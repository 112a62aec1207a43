//! The client hands its next message on to its handshaker or converter.

ghost use Rattle.std.specs.Prelude.{◌≡◌, ◌≢◌, List, ◌∷◌, length, true, false, Bool, Result, IsErrOf, OnOk, OnErr};
ghost use Rattle.ei_types.specs.declared.error.Error.TheVariants as error;
ghost use Rattle.ei_backend.specs.Lent.{LentClock};
ghost use Rattle.ei_event.specs.Typed.{IsLawfulReason};
ghost use Rattle.ei_ends.specs.Sent.{Sent};
ghost use Rattle.ei_linked.specs.declared.record.Got.{Got};
ghost use Rattle.ei_linked.specs.declared.side.Side.TheVariants as of_side;
ghost use Rattle.ei_linked.specs.Held.{stored_by};
ghost use Rattle.ei_linked.specs.TwoEnds.{IsWorld};
ghost use Rattle.ei_linked.specs.Written.{AreWritten, stored_onto, unsent_in};
ghost use Rattle.ei_promises.specs.Stepping.{as_step, HandsEvent, StepsClient};
ghost use Rattle.ei_promises.specs.Promises.{ShakesFreely, RefusesNone, TakesAll};
ghost use Rattle.ei_pair.specs.Parts.{pair_in};
ghost use Rattle.ei_pair.specs.Stepped.{IsSound, TookEvent, client_answered};
ghost use Rattle.ei_pair.specs.Spent.{SpendsAtCall, SpendsAtStep};

use crate::following::hear_at;
use crate::parts::Parts;
use crate::server_end::ServerEnd;
use crate::stepping::is_wanted;
use crate::storing::store_client;
use ei_backend::{Clock, PendingRequestResult};
use ei_client::{Event, connection};
use ei_handler::Call;
use ei_linked::{Ends, Unsent};
use ei_promises::laws;
use ei_types::laws::reasons;
use ei_types::{Error, HandshakeError};
use ei_wire::NoMemory;

impl<H: Call> Parts<H> {
    /// The client hands its next message on.
    pub(crate) fn step_client<C: Clock>(&mut self, clock: &mut C) -> Result<bool, Error>
        requires sound { IsSound self.old }
        requires whole { self.old.ends.spent ≡ false }
        ensures steps { self.new.ends.spent ≡ false → StepsClient H.may_answer (pair_in self.old)
            (C.view clock.old).left (C.view clock.new).left result (pair_in self.new) }
        ensures memory { self.new.ends.spent ≡ true → IsErrOf result error.NoMemory }
        ensures spent { self.new.ends.spent ≡ true → SpendsAtStep of_side.Client (pair_in self.old) (pair_in self.new) }
        ensures sound { IsSound self.new }
        // what may be relied on
        ensures freely { ShakesFreely of_side.Client (pair_in self.old) result }
        ensures refuses_none { RefusesNone (pair_in self.old) result }
        ensures all { TakesAll of_side.Client (pair_in self.old) result }
        ensures clock { LentClock C.later clock.old clock.new }
    {
        laws::stepping::<H>();
        laws::waiting::<H>();
        laws::resting::<H>();
        let stepped = self.take_event(clock);
        self.client_wanted = is_wanted(self.client_wanted, &stepped);
        stepped
    }

    /// The same, but that want of memory isn't kept.
    fn take_event<C: Clock>(&mut self, clock: &mut C) -> Result<bool, Error>
        requires sound { IsSound self.old }
        requires whole { self.old.ends.spent ≡ false }
        ensures steps { self.new.ends.spent ≡ false → StepsClient H.may_answer (pair_in self.old)
            (C.view clock.old).left (C.view clock.new).left result (client_answered result (pair_in self.new)) }
        ensures memory { self.new.ends.spent ≡ true → IsErrOf result error.NoMemory }
        ensures spent { self.new.ends.spent ≡ true → SpendsAtCall (pair_in self.old) (pair_in self.new) }
        ensures world { IsWorld (pair_in self.new).ends }
        ensures serial { self.new.serial ≡ self.new.tells.serial }
        ensures clock { LentClock C.later clock.old clock.new }
    {
        let Some(pending) = self.ends.read_client()? else {
            return Ok(false);
        };
        match pending {
            PendingRequestResult::Request(event) => {
                has_reason(&event);
                self.hand_event(clock, event)?;
                Ok(true)
            }
            PendingRequestResult::InvalidObject(id) => {
                if self.converter.is_none() {
                    return Err(Error::Handshake(HandshakeError::InvalidObject(id)));
                }
                Ok(true)
            }
            PendingRequestResult::ParseError(_) => unreachable!(),
        }
    }

    /// The client's handshaker or its converter handles an event, and what it sends is stored, be it refused or not.
    fn hand_event<C: Clock>(&mut self, clock: &mut C, event: Event) -> Result<(), Error>
        requires took { TookEvent event (pair_in self.old) }
        requires serial { self.old.serial ≡ self.old.tells.serial }
        ensures hands { self.new.ends.spent ≡ false → HandsEvent H.may_answer (pair_in self.old).client event
            (C.view clock.old).left (C.view clock.new).left (pair_in self.old) (as_step result)
            (client_answered (as_step result) (pair_in self.new)) }
        ensures memory { self.new.ends.spent ≡ true → IsErrOf result error.NoMemory }
        ensures spent { (t : TookEvent event (pair_in self.old)) → self.new.ends.spent ≡ true →
            SpendsAtCall t.old (pair_in self.new) }
        ensures world { IsWorld (pair_in self.new).ends }
        ensures serial { self.new.serial ≡ self.new.tells.serial }
        ensures clock { LentClock C.later clock.old clock.new }
    {
        laws::client_sends::<H>();
        let before = client_unsent(&self.ends);
        let heard = hear_at(
            &mut self.ends,
            &mut self.asks,
            &mut self.converter,
            clock,
            event,
        );
        store_heard(&mut self.ends, before)?;
        heard
    }
}

/// How much waits to be sent at the client.
fn client_unsent(ends: &Ends<ServerEnd>) -> Unsent
    ensures { result ≡ unsent_in ends.now.client.context }
{
    ends.client.unsent()
}

/// Stores what the client put behind what waited to be sent. Where memory is wanted, the ends are spent, and what the
/// client took last isn't stored.
fn store_heard(ends: &mut Ends<ServerEnd>, before: Unsent) -> Result<(), NoMemory>
    ensures stores { (ms : List Sent) → AreWritten false before ms (stored_by (λ b. b) ends.old.client) →
        OnOk result (ends.new ≡ record ends.old {
          client = record ends.old.client {
            sent = stored_onto false ms ends.old.client.sent;
          };
        }) }
    ensures untakes { (last : Got) (past : List Got) → ends.old.client.taken ≡ last ∷ past →
        OnErr result (ends.new ≡ record ends.old { client = record ends.old.client { taken = past }; spent = true }) }
    ensures more { OnErr result (length ends.old.client.context.unsent ≢ before.bytes) }
{
    match store_client(ends, before) {
        Ok(()) => Ok(()),
        Err(error) => {
            ends.client.untake();
            Err(error)
        }
    }
}

/// The reason of an event is one of the table, or another number, as that of each event that a program has.
fn has_reason(event: &Event)
    ensures { IsLawfulReason event.now }
{
    if let Event::Connection(_, connection::Event::Disconnected { reason, .. }) = event {
        reasons(reason);
    }
}
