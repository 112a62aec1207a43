//! What a client does on its connection.

ghost use Rattle.std.specs.Prelude.{◌≡◌, false, true, [], ◌∷◌, codes};
ghost use Rattle.ei_spec.specs.Value.{Long, Word};
ghost use Rattle.ei_client.specs.Connection.{request};
ghost use Rattle.ei_backend.specs.Proxies.{SendsNew};
ghost use Rattle.ei_linked.specs.declared.side.Side.TheVariants as of_side;
ghost use Rattle.ei_linked.specs.Written.{unsent_in};
ghost use Rattle.ei_linked.specs.TwoEnds.{MayCall};
ghost use Rattle.ei_promises.specs.Pair.{client_done};
ghost use Rattle.ei_pair.specs.Parts.{pair_in};
ghost use Rattle.ei_pair.specs.Stepped.{IsSound};
ghost use Rattle.ei_pair.specs.Calls.{SyncsCall, CallsClient};
ghost use Rattle.ei_pair.specs.Asked.{MeetsClient, AsksCall};

use crate::client_call::ClientCall;
use crate::parts::Parts;
use crate::server_end::ServerEnd;
use crate::storing::store_client;
use ei_backend::{Interface, Object};
use ei_client::{Callback, Context};
use ei_event::EiEventConverter;
use ei_handler::Call;
use ei_linked::{Ends, Side, Target, Unsent};
use ei_values::Value;
use ei_wire::SendError;

impl<H: Call> Parts<H> {
    /// Makes a call of the client, whose handshake is done. What it sends is stored.
    pub(crate) fn client_do(&mut self, call: ClientCall<'_, H>) -> Result<Option<Object>, SendError>
        requires sound { IsSound self.old }
        requires whole { self.old.ends.spent ≡ false }
        requires done { client_done (pair_in self.old).client ≡ true }
        requires may { MeetsClient call (pair_in self.old).ends }
        ensures { AsksCall call.entry self.old result self.new }
    {
        match call {
            ClientCall::Call {
                target,
                opcode,
                values,
            } => self.ask(&target, opcode, values),
            ClientCall::SyncWith(handler) => match self.sync_with(handler) {
                Ok(object) => Ok(Some(object)),
                Err(error) => Err(error),
            },
        }
    }

    /// Makes the call `Call`.
    fn ask(
        &mut self,
        target: &Object,
        opcode: u32,
        values: &[Value],
    ) -> Result<Option<Object>, SendError>
        requires sound { IsSound self.old }
        requires whole { self.old.ends.spent ≡ false }
        requires done { client_done (pair_in self.old).client ≡ true }
        requires may { MayCall of_side.Client (pair_in self.old).ends target.now opcode values.now }
        ensures { CallsClient target.now opcode values.now self.old result self.new }
    {
        ei_promises::laws::doing::<H>();
        let target = Target::of(target);
        self.ends.call(Side::Client, target, opcode, values)
    }

    /// Sends a `sync` whose callback the handler is called for, and stores it.
    fn sync_with(&mut self, handler: H) -> Result<Object, SendError>
        requires sound { IsSound self.old }
        requires whole { self.old.ends.spent ≡ false }
        requires done { client_done (pair_in self.old).client ≡ true }
        ensures { SyncsCall handler self.old result self.new }
    {
        ei_promises::laws::doing::<H>();
        ei_promises::laws::resting::<H>();
        let before = client_unsent_at(&self.ends);
        let Some(converter) = &mut self.converter else {
            unreachable!();
        };
        let callback = sync_on(converter, &mut self.ends)?;
        let object = object_of(&callback);
        if converter.add_callback_handler(callback, handler).is_err() {
            spend(&mut self.ends);
            return Err(SendError::NoMemory);
        }
        store_client(&mut self.ends, before)?;
        Ok(object)
    }
}

/// The object of a callback.
fn object_of(callback: &Callback) -> Object
    ensures { result ≡ callback.now }
{
    callback.as_object().copy()
}

/// Sends a `sync` of version 1 on the connection of the converter.
fn sync<H: Call>(
    converter: &EiEventConverter<H>,
    context: &mut Context,
) -> Result<Callback, SendError>
    ensures { SendsNew (λ p. p) (request (codes "sync")) converter.now.kept.proxy
        (Long context.old.table.next_own ∷ Word 1 ∷ []) context.old context.new result }
{
    converter.connection().connection().sync(context, 1)
}

/// The same, at the client's end of two.
fn sync_on<H: Call>(
    converter: &EiEventConverter<H>,
    ends: &mut Ends<ServerEnd>,
) -> Result<Callback, SendError>
    ensures sends { SendsNew (λ p. p) (request (codes "sync")) converter.now.kept.proxy
        (Long ends.old.client.context.table.next_own ∷ Word 1 ∷ [])
        ends.old.client.context ends.new.client.context result }
    ensures kept { ends.new ≡ record ends.old {
      client = record ends.old.client { context = ends.new.client.context };
    } }
{
    sync(converter, &mut ends.client.context)
}

/// How much waits to be sent at the client's end.
fn client_unsent_at(ends: &Ends<ServerEnd>) -> Unsent
    ensures { result ≡ unsent_in ends.now.client.context }
{
    ends.client.unsent()
}

/// What the ends did last isn't stored.
fn spend(ends: &mut Ends<ServerEnd>)
    ensures { ends.new ≡ record ends.old { spent = true } }
{
    ends.spent = true;
}
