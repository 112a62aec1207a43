//! What worked streams of a client of buttons come to. Each function does nothing: its clauses are the values.

ghost use Rattle.std.specs.Prelude.{◌≡◌, ℕ, ◌+◌, List, [], ◌∷◌, map, Some, None, true, false, codes};
ghost use Rattle.std.specs.FinMap as finite;
ghost use Rattle.ei_spec.specs.declared.interface.KnownInterface.TheVariants as known;
ghost use Rattle.ei_spec.specs.History.{occurs};
ghost use Rattle.ei_session.specs.Setup.{connection_id, seat_id};
ghost use Rattle.ei_session.specs.Told.{told, destroys};
ghost use Rattle.ei_session.specs.Complete.{needed};
ghost use Rattle.ei_session.specs.NextIds.{next_own, next_peer};
ghost use Rattle.ei_session.specs.Worked.{buttons, piece, shaken, disconnect, sync, bind, finish};
ghost use Rattle.ei_session.specs.Worked.{device_id, interface_id, release, touchscreen_announced};
ghost use Rattle.ei_session.specs.WorkedTold.{taken, events, versions, bound, handshake_announced};

/// The objects that a client is told of, and those that are gone.
pub fn told_objects()
    ensures at_first { told (events []) 0 ≡ Some known.Handshake }
    ensures handed_over { occurs (destroys 0) (events (shaken ∷ [])) ≡ true }
    ensures connection { told (events (shaken ∷ [])) connection_id ≡ Some known.Connection }
    ensures seat { told (events (shaken ∷ [])) seat_id ≡ Some known.Seat }
    ensures not_yet { told (events (shaken ∷ [])) device_id ≡ None }
    ensures device { told (events (bound [])) device_id ≡ Some known.Device }
    ensures interface { told (events (bound [])) interface_id ≡ Some known.Button }
    ensures there { occurs (destroys interface_id) (events (bound [])) ≡ false }
    ensures gone { occurs (destroys interface_id) (events (bound (release interface_id ∷ []))) ≡ true }
    ensures device_there { occurs (destroys device_id) (events (bound (release interface_id ∷ []))) ≡ false }
    ensures all_gone { occurs (destroys interface_id) (events (bound (release device_id ∷ []))) ≡ true }
    ensures connection_there { occurs (destroys connection_id) (events (bound (release seat_id ∷ []))) ≡ false }
    ensures seat_gone { occurs (destroys seat_id) (events (bound (release seat_id ∷ []))) ≡ true }
    ensures own { told (events (shaken ∷ sync 3 1 ∷ [])) 3 ≡ None }
    ensures called { occurs (destroys 3) (events (shaken ∷ sync 3 1 ∷ [])) ≡ true }
{}

/// The ids that come next.
pub fn given_ids()
    ensures first { next_own (taken []) ≡ 0xff00000000000000 }
    ensures connected { next_own (taken (shaken ∷ [])) ≡ 0xff00000000000002 }
    ensures device { next_own (taken (bound [])) ≡ 0xff00000000000004 }
    ensures peer { next_peer (taken (shaken ∷ [])) ≡ 1 }
    ensures synced { next_peer (taken (shaken ∷ sync 1 1 ∷ sync 7 1 ∷ [])) ≡ 8 }
    ensures refused { next_peer (taken (shaken ∷ sync 7 1 ∷ sync 7 1 ∷ sync 9 1 ∷ [])) ≡ 8 }
{}

/// How many pieces end a session well.
pub fn needed_pieces()
    ensures disconnect { needed buttons (map piece (shaken ∷ disconnect ∷ bind 32 ∷ [])) ≡ 2 }
    ensures all { needed buttons (map piece (shaken ∷ bind 32 ∷ sync 1 1 ∷ [])) ≡ 3 }
    ensures refused { needed buttons (map piece (finish ∷ disconnect ∷ [])) ≡ 2 }
    ensures none { needed buttons [] ≡ 0 }
{}

/// The versions that are settled, by their names.
pub fn settled_names()
    ensures touch { finite.get (versions (touchscreen_announced ∷ shaken ∷ [])) (codes "ei_touchscreen") ≡ Some 2 }
    ensures callback { finite.get (versions (touchscreen_announced ∷ shaken ∷ [])) (codes "ei_callback") ≡ Some 1 }
    ensures seat { finite.get (versions (touchscreen_announced ∷ shaken ∷ [])) (codes "ei_seat") ≡ None }
    ensures late { finite.get (versions (shaken ∷ touchscreen_announced ∷ [])) (codes "ei_touchscreen") ≡ None }
    ensures handshake { finite.get (versions (handshake_announced ∷ shaken ∷ [])) (codes "ei_handshake") ≡ None }
{}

§ §

YOUR GOAL — Output the lines above between the one holding "self.old.serial ≡ self.old.tells.serial" and the one holding "OnErr result (ends.new", inclusive, with nothing before or after them.

TASK RESULT —
        requires serial { self.old.serial ≡ self.old.tells.serial }
        ensures hands { self.new.ends.spent ≡ false → HandsEvent H.may_answer (pair_in self.old).client event
            (C.view clock.old).left (C.view clock.new).left (pair_in self.old) (as_step result)
            (client_answered (as_step result) (pair_in self.new)) }
        ensures memory { self.new.ends.spent ≡ true → IsErrOf result error.NoMemory }
        ensures spent { (t : TookEvent event (pair_in self.old)) → self.new.ends.spent ≡ true →
            SpendsAtCall t.old (pair_in self.new) }
        ensures world { IsWorld (pair_in self.new).ends }
        ensures serial { self.new.serial ≡ self.new.tells.serial }
        ensures clock { LentClock C.later clock.old clock.new }
    {
        laws::client_sends::<H>();
        let before = client_unsent(&self.ends);
        let heard = hear_at(
            &mut self.ends,
            &mut self.asks,
            &mut self.converter,
            clock,
            event,
        );
        store_heard(&mut self.ends, before)?;
        heard
    }
}

/// How much waits to be sent at the client.
fn client_unsent(ends: &Ends<ServerEnd>) -> Unsent
    ensures { result ≡ unsent_in ends.now.client.context }
{
    ends.client.unsent()
}

/// Stores what the client put behind what waited to be sent. Where memory is wanted, the ends are spent, and what the
/// client took last isn't stored.
fn store_heard(ends: &mut Ends<ServerEnd>, before: Unsent) -> Result<(), NoMemory>
    ensures stores { (ms : List Sent) → AreWritten false before ms (stored_by (λ b. b) ends.old.client) →
        OnOk result (ends.new ≡ record ends.old {
          client = record ends.old.client {
            sent = stored_onto false ms ends.old.client.sent;
          };
        }) }
    ensures untakes { (last : Got) (past : List Got) → ends.old.client.taken ≡ last ∷ past →
        OnErr result (ends.new ≡ record ends.old { client = record ends.old.client { taken = past }; spent = true }) }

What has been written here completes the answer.